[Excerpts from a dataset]
........

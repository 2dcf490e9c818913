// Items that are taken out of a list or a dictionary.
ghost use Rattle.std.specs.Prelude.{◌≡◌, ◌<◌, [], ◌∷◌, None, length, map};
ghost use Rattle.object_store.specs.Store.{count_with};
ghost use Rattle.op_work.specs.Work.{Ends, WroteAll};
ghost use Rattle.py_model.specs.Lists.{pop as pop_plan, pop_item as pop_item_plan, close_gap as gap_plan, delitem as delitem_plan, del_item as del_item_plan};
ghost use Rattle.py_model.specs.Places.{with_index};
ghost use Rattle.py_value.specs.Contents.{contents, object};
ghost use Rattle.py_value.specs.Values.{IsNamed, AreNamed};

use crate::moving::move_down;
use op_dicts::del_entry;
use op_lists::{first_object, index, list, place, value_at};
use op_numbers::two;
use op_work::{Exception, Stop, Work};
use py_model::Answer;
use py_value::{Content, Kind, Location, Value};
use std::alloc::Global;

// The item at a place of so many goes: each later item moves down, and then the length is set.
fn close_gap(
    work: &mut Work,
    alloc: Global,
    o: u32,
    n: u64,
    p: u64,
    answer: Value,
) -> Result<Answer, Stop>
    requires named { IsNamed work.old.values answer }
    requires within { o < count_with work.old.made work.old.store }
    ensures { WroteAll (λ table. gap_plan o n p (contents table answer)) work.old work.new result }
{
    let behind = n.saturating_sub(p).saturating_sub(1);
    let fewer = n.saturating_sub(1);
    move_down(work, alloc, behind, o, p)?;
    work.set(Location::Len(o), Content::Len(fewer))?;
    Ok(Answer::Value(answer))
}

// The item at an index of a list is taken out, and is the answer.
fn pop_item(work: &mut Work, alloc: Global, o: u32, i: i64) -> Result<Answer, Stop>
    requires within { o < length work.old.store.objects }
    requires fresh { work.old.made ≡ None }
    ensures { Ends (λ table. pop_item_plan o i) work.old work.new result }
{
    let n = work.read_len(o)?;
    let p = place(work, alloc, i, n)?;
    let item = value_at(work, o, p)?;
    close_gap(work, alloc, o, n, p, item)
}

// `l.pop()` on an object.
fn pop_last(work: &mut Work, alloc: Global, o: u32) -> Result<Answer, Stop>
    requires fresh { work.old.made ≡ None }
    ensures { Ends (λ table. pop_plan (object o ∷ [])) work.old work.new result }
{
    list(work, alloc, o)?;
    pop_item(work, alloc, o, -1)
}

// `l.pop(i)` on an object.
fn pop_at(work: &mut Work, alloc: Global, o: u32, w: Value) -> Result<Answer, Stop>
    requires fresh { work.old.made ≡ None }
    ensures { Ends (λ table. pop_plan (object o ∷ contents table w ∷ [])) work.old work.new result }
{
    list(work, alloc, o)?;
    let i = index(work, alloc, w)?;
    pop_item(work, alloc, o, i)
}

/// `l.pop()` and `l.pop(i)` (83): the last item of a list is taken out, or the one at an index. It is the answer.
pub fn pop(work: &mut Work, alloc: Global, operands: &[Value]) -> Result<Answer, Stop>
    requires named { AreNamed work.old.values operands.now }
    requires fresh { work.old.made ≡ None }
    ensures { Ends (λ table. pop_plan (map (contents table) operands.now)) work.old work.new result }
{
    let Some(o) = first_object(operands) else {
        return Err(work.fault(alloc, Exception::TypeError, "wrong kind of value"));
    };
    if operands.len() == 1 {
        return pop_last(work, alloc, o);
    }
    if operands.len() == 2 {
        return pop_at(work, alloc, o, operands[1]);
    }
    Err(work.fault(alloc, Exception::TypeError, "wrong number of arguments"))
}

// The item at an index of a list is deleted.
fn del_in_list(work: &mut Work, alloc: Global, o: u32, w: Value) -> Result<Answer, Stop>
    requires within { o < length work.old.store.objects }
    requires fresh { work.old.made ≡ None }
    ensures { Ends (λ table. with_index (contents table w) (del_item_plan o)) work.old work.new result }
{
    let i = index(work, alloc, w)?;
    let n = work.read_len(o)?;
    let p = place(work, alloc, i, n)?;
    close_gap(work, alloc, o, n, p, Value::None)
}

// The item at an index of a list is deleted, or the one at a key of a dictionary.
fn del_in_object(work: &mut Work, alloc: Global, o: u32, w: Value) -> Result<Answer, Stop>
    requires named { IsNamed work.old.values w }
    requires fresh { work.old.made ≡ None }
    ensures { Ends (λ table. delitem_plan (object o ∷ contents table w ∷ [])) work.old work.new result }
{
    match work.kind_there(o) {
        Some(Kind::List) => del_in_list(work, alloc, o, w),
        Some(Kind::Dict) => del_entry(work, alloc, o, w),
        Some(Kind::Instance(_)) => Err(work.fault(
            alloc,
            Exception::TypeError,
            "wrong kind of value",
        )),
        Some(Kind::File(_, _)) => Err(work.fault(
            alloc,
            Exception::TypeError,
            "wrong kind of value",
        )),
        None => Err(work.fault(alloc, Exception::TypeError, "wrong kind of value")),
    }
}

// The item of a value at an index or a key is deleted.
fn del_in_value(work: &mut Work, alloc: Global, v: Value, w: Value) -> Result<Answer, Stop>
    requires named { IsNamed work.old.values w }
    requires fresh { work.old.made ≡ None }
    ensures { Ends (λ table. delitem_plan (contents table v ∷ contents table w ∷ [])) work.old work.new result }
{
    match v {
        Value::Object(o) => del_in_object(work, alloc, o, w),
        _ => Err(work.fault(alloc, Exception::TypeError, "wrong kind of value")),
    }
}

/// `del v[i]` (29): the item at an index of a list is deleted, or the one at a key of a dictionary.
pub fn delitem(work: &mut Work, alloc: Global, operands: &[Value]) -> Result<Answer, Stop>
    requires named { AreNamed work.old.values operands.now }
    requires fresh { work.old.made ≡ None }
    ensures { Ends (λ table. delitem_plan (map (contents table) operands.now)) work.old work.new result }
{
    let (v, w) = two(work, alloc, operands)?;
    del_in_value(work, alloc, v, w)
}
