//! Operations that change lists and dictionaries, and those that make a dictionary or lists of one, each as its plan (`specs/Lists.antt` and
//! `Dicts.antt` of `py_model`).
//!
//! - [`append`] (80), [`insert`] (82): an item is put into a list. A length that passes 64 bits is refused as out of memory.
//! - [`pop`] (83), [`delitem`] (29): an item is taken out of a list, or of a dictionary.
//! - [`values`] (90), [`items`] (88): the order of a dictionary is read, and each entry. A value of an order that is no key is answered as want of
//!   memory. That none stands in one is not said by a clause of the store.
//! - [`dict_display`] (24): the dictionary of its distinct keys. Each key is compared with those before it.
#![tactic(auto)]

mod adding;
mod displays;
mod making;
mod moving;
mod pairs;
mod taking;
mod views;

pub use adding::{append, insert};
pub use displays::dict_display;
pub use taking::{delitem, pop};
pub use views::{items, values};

........

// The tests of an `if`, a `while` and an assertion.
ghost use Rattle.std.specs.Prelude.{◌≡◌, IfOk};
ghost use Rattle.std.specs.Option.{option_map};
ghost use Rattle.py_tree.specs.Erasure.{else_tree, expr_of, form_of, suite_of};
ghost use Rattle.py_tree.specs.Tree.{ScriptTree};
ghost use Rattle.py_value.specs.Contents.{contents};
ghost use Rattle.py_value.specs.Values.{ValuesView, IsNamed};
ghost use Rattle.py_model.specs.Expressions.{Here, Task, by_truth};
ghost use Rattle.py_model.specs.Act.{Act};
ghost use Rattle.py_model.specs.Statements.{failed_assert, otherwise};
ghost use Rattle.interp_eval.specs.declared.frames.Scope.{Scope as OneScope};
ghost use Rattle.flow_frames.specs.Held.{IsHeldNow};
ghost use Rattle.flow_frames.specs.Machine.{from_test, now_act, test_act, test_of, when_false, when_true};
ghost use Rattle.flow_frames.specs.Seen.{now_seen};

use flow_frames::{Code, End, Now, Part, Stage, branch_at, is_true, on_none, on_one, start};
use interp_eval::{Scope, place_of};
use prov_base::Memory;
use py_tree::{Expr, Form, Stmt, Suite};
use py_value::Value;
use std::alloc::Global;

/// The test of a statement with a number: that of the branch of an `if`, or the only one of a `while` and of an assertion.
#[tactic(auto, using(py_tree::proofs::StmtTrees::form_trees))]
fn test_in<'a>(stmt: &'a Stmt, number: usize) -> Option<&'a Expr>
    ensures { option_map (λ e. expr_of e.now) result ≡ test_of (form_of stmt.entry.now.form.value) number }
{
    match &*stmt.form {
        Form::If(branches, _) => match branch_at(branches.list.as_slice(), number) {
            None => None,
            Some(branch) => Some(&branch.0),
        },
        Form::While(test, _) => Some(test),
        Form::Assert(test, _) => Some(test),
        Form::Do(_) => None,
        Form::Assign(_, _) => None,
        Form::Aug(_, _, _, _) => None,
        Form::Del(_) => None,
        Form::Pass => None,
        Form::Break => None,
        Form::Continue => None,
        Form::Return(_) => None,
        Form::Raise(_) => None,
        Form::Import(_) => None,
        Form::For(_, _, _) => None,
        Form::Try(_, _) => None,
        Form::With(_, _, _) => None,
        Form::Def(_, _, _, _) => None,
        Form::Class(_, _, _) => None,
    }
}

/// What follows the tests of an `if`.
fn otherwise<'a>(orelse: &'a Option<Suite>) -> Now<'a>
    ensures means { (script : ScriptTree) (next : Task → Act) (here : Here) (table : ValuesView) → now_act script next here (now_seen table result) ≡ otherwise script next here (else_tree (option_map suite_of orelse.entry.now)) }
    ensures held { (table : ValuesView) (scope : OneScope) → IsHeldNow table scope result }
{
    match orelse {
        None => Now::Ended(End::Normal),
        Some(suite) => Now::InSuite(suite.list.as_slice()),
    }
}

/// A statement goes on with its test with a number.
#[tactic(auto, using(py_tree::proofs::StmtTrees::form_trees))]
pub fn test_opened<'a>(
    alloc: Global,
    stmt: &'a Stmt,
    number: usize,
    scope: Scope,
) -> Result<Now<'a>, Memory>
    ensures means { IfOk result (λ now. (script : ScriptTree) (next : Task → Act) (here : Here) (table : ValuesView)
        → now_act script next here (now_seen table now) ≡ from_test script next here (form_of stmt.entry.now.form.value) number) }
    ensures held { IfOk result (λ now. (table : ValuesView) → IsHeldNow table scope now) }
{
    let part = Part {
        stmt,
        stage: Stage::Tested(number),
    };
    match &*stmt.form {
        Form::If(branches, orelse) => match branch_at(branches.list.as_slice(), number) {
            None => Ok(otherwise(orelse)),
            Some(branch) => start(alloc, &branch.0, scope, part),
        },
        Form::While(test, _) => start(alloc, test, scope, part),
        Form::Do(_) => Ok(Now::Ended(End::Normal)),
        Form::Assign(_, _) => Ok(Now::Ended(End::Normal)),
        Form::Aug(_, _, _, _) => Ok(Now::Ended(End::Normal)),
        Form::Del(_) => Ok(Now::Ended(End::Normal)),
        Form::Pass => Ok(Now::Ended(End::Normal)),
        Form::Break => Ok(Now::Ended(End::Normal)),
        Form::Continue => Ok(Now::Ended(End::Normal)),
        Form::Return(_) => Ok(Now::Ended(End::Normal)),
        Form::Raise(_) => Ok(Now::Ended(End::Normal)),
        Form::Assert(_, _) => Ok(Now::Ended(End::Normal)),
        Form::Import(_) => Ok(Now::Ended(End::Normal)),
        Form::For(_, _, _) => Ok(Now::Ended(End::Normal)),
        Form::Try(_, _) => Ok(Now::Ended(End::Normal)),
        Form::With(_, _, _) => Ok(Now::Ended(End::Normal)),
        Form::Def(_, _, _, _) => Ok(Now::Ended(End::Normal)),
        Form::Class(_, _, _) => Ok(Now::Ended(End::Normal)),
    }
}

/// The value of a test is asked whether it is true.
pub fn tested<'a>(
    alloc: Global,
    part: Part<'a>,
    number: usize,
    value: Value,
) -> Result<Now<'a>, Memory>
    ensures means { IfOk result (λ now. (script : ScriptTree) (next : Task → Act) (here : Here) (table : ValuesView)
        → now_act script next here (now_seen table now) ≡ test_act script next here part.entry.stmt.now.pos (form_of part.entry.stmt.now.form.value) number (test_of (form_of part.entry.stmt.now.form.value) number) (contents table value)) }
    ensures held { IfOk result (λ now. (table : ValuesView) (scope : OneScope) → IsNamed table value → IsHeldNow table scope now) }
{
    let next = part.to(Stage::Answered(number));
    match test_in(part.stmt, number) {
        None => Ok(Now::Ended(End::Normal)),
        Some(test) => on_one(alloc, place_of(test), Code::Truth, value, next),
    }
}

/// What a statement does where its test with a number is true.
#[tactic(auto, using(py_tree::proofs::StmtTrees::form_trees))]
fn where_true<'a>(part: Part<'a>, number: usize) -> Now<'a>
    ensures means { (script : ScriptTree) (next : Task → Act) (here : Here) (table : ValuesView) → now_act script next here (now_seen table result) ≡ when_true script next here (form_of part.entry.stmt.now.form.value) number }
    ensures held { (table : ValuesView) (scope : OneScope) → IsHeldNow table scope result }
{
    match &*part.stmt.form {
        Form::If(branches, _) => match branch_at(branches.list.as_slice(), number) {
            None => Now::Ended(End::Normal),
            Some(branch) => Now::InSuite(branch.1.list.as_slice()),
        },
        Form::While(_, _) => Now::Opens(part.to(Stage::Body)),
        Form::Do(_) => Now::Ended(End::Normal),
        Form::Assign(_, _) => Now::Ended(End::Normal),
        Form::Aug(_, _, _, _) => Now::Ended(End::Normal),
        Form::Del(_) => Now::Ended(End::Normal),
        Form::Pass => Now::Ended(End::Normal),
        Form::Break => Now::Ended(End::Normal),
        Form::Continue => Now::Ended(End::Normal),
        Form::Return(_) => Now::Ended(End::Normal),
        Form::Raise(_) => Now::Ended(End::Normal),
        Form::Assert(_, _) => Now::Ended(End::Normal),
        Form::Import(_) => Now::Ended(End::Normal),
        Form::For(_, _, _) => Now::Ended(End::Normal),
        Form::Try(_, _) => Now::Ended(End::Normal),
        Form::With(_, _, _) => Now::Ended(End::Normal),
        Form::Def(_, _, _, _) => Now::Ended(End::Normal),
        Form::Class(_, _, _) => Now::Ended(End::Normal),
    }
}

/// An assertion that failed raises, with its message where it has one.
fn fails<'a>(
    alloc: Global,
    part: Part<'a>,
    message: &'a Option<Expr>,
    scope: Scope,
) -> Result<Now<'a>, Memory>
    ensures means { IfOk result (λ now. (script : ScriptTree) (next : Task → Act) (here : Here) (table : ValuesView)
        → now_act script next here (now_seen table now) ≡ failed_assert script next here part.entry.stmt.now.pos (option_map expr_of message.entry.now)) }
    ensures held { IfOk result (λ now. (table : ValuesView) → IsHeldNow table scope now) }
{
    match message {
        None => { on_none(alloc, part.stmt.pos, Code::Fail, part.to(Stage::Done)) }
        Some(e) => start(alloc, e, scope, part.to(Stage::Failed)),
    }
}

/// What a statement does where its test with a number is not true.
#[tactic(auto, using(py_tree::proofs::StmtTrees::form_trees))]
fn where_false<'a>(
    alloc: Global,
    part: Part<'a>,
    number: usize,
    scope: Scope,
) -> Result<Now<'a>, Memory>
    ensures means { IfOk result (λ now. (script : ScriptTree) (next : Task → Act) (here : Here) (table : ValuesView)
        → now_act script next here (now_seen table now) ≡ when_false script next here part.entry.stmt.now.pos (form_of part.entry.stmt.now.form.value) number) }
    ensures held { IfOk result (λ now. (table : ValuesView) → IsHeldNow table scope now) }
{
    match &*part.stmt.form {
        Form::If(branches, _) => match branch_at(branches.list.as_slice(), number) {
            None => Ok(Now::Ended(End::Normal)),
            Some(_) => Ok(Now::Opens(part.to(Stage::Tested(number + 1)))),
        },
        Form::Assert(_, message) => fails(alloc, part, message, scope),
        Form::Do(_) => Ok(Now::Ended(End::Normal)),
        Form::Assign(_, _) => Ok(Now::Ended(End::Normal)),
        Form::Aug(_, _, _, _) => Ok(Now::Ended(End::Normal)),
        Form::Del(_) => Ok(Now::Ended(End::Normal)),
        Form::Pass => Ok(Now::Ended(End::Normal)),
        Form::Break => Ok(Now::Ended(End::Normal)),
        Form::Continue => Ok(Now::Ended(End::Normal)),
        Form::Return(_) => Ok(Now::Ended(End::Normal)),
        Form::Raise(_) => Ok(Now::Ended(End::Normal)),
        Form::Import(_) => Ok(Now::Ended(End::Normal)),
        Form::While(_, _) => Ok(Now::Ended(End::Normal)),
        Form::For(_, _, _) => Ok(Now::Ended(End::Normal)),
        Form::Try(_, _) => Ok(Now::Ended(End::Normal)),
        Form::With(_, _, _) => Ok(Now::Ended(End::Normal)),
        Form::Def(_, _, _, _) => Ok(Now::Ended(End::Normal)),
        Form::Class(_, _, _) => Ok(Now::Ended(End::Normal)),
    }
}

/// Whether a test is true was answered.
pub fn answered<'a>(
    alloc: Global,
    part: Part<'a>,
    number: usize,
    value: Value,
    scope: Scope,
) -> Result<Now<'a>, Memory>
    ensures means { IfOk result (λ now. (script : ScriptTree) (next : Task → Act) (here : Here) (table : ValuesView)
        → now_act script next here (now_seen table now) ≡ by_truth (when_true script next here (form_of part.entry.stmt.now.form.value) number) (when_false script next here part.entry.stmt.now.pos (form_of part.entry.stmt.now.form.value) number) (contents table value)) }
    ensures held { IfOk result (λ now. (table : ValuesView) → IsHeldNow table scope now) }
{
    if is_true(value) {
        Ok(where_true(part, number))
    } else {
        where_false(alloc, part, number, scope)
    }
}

........

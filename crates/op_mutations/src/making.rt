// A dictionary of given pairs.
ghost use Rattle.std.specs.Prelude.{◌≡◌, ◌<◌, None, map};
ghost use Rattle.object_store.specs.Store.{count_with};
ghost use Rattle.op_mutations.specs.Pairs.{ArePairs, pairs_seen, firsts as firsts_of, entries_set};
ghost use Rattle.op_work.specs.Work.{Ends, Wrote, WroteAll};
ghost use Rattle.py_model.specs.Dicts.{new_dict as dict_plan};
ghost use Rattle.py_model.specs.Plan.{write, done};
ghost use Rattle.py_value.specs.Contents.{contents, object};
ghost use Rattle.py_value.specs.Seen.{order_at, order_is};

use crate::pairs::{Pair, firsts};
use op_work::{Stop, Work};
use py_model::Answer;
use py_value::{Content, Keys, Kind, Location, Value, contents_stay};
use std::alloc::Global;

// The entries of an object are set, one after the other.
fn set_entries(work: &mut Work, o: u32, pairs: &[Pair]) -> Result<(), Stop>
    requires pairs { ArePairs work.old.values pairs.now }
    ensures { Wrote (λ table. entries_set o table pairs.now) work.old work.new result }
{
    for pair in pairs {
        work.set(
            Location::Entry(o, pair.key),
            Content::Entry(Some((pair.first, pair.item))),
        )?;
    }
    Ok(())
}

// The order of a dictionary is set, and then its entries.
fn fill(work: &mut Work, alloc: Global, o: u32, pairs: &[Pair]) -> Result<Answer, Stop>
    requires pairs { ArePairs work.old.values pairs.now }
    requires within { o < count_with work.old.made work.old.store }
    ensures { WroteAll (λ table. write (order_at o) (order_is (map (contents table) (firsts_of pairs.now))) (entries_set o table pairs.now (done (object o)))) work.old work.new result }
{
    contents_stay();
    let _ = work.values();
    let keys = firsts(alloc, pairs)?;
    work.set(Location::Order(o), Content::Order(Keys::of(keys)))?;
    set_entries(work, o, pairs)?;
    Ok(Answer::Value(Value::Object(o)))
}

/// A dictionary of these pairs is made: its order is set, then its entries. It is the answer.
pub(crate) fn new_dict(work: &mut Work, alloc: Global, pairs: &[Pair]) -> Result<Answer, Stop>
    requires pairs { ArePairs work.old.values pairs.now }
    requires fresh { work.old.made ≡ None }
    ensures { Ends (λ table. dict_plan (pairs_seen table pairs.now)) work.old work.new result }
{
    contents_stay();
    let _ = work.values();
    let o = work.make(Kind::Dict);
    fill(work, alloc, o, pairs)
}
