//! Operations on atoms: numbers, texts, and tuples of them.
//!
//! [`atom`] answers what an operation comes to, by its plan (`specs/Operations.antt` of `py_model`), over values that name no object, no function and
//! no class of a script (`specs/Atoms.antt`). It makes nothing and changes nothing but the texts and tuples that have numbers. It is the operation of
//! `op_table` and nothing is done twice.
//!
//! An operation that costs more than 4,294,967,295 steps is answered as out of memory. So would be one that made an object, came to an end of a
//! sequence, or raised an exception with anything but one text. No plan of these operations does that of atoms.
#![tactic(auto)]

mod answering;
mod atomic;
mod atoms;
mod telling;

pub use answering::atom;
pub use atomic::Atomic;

........

_Task_: Look for the string "texts" in the data above and return every line that has it.

_Response to the task_:
//! Operations on atoms: numbers, texts, and tuples of them.
//! no class of a script (`specs/Atoms.antt`). It makes nothing and changes nothing but the texts and tuples that have numbers. It is the operation of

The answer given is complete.